**Data for processing**

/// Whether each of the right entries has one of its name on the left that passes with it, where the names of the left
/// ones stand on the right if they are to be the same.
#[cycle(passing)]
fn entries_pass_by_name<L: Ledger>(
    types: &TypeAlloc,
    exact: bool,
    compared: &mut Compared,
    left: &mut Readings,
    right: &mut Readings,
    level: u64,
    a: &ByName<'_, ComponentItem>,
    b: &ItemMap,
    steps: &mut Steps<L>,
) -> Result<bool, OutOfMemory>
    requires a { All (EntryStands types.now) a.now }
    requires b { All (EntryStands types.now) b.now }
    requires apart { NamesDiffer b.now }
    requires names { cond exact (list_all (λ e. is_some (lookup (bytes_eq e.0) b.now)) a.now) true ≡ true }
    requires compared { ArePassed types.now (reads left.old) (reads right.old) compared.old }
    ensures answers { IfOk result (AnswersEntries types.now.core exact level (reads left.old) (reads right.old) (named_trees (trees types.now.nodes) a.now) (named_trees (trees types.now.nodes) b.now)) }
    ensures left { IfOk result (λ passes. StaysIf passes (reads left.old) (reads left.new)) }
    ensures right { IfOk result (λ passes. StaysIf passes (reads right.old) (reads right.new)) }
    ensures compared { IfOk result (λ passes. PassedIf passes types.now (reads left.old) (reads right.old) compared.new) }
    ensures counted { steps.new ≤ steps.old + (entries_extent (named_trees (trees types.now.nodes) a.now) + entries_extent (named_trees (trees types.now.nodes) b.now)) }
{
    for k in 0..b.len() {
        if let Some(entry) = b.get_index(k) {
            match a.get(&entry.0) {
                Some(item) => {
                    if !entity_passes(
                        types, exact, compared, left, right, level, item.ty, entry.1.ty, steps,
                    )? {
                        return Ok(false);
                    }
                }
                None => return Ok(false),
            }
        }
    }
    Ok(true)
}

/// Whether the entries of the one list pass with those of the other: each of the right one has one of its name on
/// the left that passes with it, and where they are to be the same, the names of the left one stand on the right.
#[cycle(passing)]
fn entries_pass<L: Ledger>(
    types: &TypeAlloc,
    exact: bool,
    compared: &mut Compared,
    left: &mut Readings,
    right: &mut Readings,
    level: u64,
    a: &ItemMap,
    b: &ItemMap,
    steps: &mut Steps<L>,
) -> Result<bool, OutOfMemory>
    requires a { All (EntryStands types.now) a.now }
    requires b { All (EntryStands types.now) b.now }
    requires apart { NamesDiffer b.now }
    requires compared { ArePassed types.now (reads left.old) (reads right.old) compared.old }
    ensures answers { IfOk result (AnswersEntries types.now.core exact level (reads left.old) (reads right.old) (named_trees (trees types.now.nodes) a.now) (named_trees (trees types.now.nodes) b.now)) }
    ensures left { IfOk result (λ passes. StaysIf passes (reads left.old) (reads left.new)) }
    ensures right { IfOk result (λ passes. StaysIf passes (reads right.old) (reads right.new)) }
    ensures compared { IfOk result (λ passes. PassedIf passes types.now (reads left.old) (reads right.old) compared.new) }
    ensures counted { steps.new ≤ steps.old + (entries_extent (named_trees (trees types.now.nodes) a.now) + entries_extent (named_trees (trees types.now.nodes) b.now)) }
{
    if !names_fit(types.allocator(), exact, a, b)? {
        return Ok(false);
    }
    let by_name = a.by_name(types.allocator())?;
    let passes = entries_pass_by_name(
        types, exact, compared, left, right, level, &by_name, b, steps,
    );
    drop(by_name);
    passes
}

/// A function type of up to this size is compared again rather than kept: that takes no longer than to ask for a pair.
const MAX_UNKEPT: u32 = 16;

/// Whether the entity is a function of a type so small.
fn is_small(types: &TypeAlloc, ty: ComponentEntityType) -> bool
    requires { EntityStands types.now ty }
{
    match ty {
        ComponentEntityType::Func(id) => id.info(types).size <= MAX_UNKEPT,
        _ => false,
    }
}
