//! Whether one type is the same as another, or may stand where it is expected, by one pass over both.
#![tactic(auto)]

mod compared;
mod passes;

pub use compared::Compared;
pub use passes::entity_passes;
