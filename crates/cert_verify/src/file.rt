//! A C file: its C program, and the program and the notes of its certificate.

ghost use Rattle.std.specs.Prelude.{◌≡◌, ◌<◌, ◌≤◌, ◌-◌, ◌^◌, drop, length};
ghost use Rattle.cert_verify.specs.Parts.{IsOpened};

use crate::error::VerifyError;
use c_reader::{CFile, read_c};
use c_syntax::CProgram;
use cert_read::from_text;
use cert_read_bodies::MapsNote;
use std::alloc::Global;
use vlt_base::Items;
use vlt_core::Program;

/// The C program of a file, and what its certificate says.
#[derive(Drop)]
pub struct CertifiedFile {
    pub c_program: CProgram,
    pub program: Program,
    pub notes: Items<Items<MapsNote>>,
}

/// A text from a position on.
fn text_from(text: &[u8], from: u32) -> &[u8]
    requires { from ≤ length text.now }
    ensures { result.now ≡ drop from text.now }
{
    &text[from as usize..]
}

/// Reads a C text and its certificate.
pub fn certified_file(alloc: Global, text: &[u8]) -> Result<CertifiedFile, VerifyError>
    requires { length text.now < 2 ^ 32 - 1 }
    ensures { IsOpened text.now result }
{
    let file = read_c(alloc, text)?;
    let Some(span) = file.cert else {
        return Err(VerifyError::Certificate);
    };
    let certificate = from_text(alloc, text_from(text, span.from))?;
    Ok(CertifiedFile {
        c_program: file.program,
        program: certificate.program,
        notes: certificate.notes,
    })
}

**Exercise prompt**
Could you print the material above once more, exactly as it stands?

**Response to the exercise**
/// Whether each of the right entries has one of its name on the left that passes with it, where the names of the left
/// ones stand on the right if they are to be the same.
#[cycle(passing)]
fn entries_pass_by_name<L: Ledger>(
    types: &TypeAlloc,
    exact: bool,
    compared: &mut Compared,
    left: &mut Readings,
    right: &mut Readings,
    level: u64,
    a: &ByName<'_, ComponentItem>,
    b: &ItemMap,
    steps: &mut Steps<L>,
) -> Result<bool, OutOfMemory>
    requires a { All (EntryStands types.now) a.now }
    requires b { All (EntryStands types.now) b.now }
    requires apart { NamesDiffer b.now }
    requires names { cond exact (list_all (λ e. is_some (lookup (bytes_eq e.0) b.now)) a.now) true ≡ true }
    requires compared { ArePassed types.now (reads left.old) (reads right.old) compared.old }
    ensures answers { IfOk result (AnswersEntries types.now.core exact level (reads left.old) (reads right.old) (named_trees (trees types.now.nodes) a.now) (named_trees (trees types.now.nodes) b.now)) }
    ensures left { IfOk result (λ passes. StaysIf passes (reads left.old) (reads left.new)) }
    ensures right { IfOk result (λ passes. StaysIf passes (reads right.old) (reads right.new)) }
    ensures compared { IfOk result (λ passes. PassedIf passes types.now (reads left.old) (reads right.old) compared.new) }
    ensures counted { steps.new ≤ steps.old + (entries_extent (named_trees (trees types.now.nodes) a.now) + entries_extent (named_trees (trees types.now.nodes) b.now)) }
{
    for k in 0..b.len() {
        if let Some(entry) = b.get_index(k) {
            match a.get(&entry.0) {
                Some(item) => {
                    if !entity_passes(
                        types, exact, compared, left, right, level, item.ty, entry.1.ty, steps,
                    )? {
                        return Ok(false);
                    }
                }
                None => return Ok(false),
            }
        }
    }
    Ok(true)
}

/// Whether the entries of the one list pass with those of the other: each of the right one has one of its name on
/// the left that passes with it, and where they are to be the same, the names of the left one stand on the right.
#[cycle(passing)]
fn entries_pass<L: Ledger>(
    types: &TypeAlloc,
    exact: bool,
    compared: &mut Compared,
    left: &mut Readings,
    right: &mut Readings,
    level: u64,
    a: &ItemMap,
    b: &ItemMap,
    steps: &mut Steps<L>,
) -> Result<bool, OutOfMemory>
    requires a { All (EntryStands types.now) a.now }
    requires b { All (EntryStands types.now) b.now }
    requires apart { NamesDiffer b.now }
    requires compared { ArePassed types.now (reads left.old) (reads right.old) compared.old }
    ensures answers { IfOk result (AnswersEntries types.now.core exact level (reads left.old) (reads right.old) (named_trees (trees types.now.nodes) a.now) (named_trees (trees types.now.nodes) b.now)) }
    ensures left { IfOk result (λ passes. StaysIf passes (reads left.old) (reads left.new)) }
    ensures right { IfOk result (λ passes. StaysIf passes (reads right.old) (reads right.new)) }
    ensures compared { IfOk result (λ passes. PassedIf passes types.now (reads left.old) (reads right.old) compared.new) }
    ensures counted { steps.new ≤ steps.old + (entries_extent (named_trees (trees types.now.nodes) a.now) + entries_extent (named_trees (trees types.now.nodes) b.now)) }
{
    if !names_fit(types.allocator(), exact, a, b)? {
        return Ok(false);
    }
    let by_name = a.by_name(types.allocator())?;
    let passes = entries_pass_by_name(
        types, exact, compared, left, right, level, &by_name, b, steps,
    );
    drop(by_name);
    passes
}

/// A function type of up to this size is compared again rather than kept: that takes no longer than to ask for a pair.
const MAX_UNKEPT: u32 = 16;

/// Whether the entity is a function of a type so small.
fn is_small(types: &TypeAlloc, ty: ComponentEntityType) -> bool
    requires { EntityStands types.now ty }
{
    match ty {
        ComponentEntityType::Func(id) => id.info(types).size <= MAX_UNKEPT,
        _ => false,
    }
}
//! Whether one type is the same as another, or may stand where it is expected, by one pass over both.
#![tactic(auto)]

mod compared;
mod passes;

pub use compared::Compared;
pub use passes::entity_passes;
filename crates/cert_verify/src/file.rt
//! A C file: its C program, and the program and the notes of its certificate.

ghost use Rattle.std.specs.Prelude.{◌≡◌, ◌<◌, ◌≤◌, ◌-◌, ◌^◌, drop, length};
ghost use Rattle.cert_verify.specs.Parts.{IsOpened};

use crate::error::VerifyError;
use c_reader::{CFile, read_c};
use c_syntax::CProgram;
use cert_read::from_text;
use cert_read_bodies::MapsNote;
use std::alloc::Global;
use vlt_base::Items;
use vlt_core::Program;

/// The C program of a file, and what its certificate says.
#[derive(Drop)]
pub struct CertifiedFile {
    pub c_program: CProgram,
    pub program: Program,
    pub notes: Items<Items<MapsNote>>,
}

/// A text from a position on.
fn text_from(text: &[u8], from: u32) -> &[u8]
    requires { from ≤ length text.now }
    ensures { result.now ≡ drop from text.now }
{
    &text[from as usize..]
}

/// Reads a C text and its certificate.
pub fn certified_file(alloc: Global, text: &[u8]) -> Result<CertifiedFile, VerifyError>
    requires { length text.now < 2 ^ 32 - 1 }
    ensures { IsOpened text.now result }
{
    let file = read_c(alloc, text)?;
    let Some(span) = file.cert else {
        return Err(VerifyError::Certificate);
    };
    let certificate = from_text(alloc, text_from(text, span.from))?;
    Ok(CertifiedFile {
        c_program: file.program,
        program: certificate.program,
        notes: certificate.notes,
    })
}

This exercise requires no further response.